Task to carry out =
In the data below, one line contains "pub struct Judge" and a later one contains "for reading in readings". Print both, with every line between them, exactly and alone.

Data for the task =
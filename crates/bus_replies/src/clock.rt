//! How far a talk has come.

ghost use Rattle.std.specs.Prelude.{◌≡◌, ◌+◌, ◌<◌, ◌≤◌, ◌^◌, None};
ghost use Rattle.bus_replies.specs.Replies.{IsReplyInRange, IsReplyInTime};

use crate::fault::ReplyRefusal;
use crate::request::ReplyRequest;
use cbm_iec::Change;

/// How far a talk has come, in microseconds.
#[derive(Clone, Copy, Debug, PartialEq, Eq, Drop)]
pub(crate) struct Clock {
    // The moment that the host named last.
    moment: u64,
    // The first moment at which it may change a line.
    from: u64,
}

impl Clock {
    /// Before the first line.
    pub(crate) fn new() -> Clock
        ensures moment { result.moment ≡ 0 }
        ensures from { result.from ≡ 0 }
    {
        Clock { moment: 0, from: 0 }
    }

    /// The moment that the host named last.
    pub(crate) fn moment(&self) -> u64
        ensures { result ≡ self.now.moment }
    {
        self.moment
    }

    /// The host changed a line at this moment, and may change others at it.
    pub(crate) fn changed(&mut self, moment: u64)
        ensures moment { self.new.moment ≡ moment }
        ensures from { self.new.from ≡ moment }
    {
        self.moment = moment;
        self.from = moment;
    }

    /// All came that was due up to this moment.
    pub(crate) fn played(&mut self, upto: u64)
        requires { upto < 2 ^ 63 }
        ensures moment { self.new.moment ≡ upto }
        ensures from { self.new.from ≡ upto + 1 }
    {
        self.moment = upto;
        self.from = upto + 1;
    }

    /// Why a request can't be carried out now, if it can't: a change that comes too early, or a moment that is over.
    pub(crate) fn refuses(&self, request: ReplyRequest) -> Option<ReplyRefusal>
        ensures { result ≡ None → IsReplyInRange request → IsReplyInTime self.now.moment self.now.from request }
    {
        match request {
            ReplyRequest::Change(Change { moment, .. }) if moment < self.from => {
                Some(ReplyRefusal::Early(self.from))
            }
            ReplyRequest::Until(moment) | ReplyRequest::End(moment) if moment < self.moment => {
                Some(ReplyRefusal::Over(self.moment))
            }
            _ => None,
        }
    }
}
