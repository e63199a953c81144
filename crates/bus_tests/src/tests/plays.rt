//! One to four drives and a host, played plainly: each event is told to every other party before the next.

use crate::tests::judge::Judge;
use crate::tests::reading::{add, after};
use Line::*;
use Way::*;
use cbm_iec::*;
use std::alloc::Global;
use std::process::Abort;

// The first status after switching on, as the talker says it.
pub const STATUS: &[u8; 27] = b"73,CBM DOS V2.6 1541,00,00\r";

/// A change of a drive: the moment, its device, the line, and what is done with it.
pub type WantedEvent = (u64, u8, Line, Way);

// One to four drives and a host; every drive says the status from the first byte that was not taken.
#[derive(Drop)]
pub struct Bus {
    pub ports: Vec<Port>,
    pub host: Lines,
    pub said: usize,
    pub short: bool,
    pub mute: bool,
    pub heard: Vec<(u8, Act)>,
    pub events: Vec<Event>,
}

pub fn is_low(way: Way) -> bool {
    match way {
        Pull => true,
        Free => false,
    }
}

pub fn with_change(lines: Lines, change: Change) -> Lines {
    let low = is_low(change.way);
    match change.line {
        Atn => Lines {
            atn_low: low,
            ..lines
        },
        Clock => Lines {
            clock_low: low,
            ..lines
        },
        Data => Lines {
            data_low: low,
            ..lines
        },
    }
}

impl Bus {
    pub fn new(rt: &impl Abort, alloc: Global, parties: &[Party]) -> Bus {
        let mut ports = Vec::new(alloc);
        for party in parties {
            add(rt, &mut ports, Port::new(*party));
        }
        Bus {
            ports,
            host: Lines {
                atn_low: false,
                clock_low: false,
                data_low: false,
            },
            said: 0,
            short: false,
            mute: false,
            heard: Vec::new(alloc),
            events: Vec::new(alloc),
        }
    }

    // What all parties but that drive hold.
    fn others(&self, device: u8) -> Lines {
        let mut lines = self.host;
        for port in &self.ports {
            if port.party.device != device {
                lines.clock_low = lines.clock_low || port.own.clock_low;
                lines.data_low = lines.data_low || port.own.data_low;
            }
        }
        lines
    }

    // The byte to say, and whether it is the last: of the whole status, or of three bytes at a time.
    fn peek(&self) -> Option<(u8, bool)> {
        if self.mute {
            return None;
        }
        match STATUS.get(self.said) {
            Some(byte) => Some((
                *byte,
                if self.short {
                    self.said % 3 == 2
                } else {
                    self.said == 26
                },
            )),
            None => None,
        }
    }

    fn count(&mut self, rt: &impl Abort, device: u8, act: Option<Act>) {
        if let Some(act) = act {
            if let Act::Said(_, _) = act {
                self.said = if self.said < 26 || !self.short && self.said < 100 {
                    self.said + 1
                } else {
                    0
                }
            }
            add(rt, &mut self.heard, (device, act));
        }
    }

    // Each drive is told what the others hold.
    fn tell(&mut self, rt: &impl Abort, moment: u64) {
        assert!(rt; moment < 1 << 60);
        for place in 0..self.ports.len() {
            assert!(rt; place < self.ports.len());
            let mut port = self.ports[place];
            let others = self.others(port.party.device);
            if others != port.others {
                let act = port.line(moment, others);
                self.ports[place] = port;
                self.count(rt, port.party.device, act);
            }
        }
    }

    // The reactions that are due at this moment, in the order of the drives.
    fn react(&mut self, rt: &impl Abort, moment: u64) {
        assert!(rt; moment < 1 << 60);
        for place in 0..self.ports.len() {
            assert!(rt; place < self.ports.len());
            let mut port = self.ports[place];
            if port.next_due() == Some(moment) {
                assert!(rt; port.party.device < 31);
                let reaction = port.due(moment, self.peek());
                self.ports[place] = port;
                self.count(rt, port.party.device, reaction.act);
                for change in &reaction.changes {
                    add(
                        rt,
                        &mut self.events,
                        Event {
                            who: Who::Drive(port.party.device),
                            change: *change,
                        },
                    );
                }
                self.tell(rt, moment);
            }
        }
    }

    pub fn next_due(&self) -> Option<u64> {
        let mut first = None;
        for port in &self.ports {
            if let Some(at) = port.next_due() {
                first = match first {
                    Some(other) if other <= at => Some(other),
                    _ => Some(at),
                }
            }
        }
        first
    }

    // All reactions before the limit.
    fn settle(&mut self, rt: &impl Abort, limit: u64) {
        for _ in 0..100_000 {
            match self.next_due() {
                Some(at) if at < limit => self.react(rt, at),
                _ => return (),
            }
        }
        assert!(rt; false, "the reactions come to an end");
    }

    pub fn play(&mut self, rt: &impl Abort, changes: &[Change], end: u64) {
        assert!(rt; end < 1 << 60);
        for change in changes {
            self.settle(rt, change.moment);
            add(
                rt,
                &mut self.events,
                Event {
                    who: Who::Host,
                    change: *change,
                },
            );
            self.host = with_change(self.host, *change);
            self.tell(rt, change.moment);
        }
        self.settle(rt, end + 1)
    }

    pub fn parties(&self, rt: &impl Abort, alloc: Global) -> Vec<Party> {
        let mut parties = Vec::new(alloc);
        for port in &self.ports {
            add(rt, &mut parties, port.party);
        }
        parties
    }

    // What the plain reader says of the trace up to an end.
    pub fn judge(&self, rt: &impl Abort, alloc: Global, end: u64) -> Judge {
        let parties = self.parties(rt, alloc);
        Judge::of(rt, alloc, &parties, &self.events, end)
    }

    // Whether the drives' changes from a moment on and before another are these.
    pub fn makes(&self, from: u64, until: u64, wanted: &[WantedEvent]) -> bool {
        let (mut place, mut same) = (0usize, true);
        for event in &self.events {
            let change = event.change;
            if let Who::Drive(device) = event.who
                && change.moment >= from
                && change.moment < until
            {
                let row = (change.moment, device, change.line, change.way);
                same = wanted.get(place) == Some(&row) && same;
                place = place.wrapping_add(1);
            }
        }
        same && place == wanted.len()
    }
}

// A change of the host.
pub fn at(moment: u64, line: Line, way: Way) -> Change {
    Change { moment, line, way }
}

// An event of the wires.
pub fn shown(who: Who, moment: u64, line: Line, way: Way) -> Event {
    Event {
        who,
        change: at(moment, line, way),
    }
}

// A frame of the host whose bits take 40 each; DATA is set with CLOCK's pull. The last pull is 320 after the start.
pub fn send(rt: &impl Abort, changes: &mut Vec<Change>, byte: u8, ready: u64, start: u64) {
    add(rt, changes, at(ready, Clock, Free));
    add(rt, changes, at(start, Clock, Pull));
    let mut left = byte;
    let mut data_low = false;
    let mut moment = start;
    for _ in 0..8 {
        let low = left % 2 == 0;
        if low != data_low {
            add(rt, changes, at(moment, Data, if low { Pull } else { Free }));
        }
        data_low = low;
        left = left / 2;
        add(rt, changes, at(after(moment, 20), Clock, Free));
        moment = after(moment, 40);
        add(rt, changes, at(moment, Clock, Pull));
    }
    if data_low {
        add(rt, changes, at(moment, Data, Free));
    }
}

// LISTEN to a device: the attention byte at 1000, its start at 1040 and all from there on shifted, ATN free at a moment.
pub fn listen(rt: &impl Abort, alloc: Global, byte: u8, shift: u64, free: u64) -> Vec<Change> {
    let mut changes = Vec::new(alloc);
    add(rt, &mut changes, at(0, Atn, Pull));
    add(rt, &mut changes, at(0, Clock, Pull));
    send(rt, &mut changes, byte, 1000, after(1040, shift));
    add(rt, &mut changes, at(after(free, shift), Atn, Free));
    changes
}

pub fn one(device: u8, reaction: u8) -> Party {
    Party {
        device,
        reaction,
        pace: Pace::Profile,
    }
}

...

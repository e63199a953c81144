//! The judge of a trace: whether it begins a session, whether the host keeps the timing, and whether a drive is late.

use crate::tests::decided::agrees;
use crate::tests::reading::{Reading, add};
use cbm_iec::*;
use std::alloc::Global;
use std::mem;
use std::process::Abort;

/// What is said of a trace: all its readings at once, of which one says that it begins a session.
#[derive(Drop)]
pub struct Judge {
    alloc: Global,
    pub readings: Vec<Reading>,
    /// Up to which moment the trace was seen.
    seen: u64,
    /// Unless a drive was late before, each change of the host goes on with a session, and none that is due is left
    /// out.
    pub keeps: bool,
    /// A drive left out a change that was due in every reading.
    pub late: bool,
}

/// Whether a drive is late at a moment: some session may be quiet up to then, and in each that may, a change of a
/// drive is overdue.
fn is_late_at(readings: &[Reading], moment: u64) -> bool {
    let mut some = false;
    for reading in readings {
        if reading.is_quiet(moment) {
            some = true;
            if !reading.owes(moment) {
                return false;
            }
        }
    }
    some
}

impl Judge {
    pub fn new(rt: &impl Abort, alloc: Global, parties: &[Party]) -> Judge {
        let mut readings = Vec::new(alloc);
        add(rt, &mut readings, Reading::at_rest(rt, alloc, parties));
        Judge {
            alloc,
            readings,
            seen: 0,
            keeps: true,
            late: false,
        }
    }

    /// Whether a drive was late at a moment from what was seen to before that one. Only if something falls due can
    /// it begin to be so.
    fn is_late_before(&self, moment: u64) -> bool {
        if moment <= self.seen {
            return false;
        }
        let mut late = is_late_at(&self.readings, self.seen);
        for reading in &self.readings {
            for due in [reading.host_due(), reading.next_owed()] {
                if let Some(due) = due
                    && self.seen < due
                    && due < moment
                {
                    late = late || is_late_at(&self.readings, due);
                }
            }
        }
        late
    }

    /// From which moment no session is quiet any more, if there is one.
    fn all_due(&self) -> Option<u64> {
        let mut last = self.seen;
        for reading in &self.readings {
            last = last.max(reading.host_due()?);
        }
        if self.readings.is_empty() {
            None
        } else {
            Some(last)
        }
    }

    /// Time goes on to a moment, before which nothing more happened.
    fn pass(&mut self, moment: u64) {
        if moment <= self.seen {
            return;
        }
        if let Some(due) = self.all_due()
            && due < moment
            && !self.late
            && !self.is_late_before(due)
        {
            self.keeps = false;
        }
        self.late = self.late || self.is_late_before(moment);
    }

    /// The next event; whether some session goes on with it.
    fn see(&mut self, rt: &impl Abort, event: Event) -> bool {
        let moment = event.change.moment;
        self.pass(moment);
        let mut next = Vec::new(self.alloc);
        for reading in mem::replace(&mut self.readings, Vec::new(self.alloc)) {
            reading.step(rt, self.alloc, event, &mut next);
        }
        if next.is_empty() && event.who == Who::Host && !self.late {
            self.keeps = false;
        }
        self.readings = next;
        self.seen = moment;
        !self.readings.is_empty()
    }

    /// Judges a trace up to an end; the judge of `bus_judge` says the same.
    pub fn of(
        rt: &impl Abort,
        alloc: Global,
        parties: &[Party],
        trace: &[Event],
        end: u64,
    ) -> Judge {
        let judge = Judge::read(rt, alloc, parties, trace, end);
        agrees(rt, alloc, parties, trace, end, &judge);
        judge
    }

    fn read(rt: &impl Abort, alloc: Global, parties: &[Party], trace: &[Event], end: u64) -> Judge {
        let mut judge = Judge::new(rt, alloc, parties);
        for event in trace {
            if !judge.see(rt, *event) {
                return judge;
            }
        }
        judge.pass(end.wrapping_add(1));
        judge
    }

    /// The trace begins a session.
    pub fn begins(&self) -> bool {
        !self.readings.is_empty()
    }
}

Solution for this problem =
pub struct Judge {
    alloc: Global,
    pub readings: Vec<Reading>,
    /// Up to which moment the trace was seen.
    seen: u64,
    /// Unless a drive was late before, each change of the host goes on with a session, and none that is due is left
    /// out.
    pub keeps: bool,
    /// A drive left out a change that was due in every reading.
    pub late: bool,
}

/// Whether a drive is late at a moment: some session may be quiet up to then, and in each that may, a change of a
/// drive is overdue.
fn is_late_at(readings: &[Reading], moment: u64) -> bool {
    let mut some = false;
    for reading in readings {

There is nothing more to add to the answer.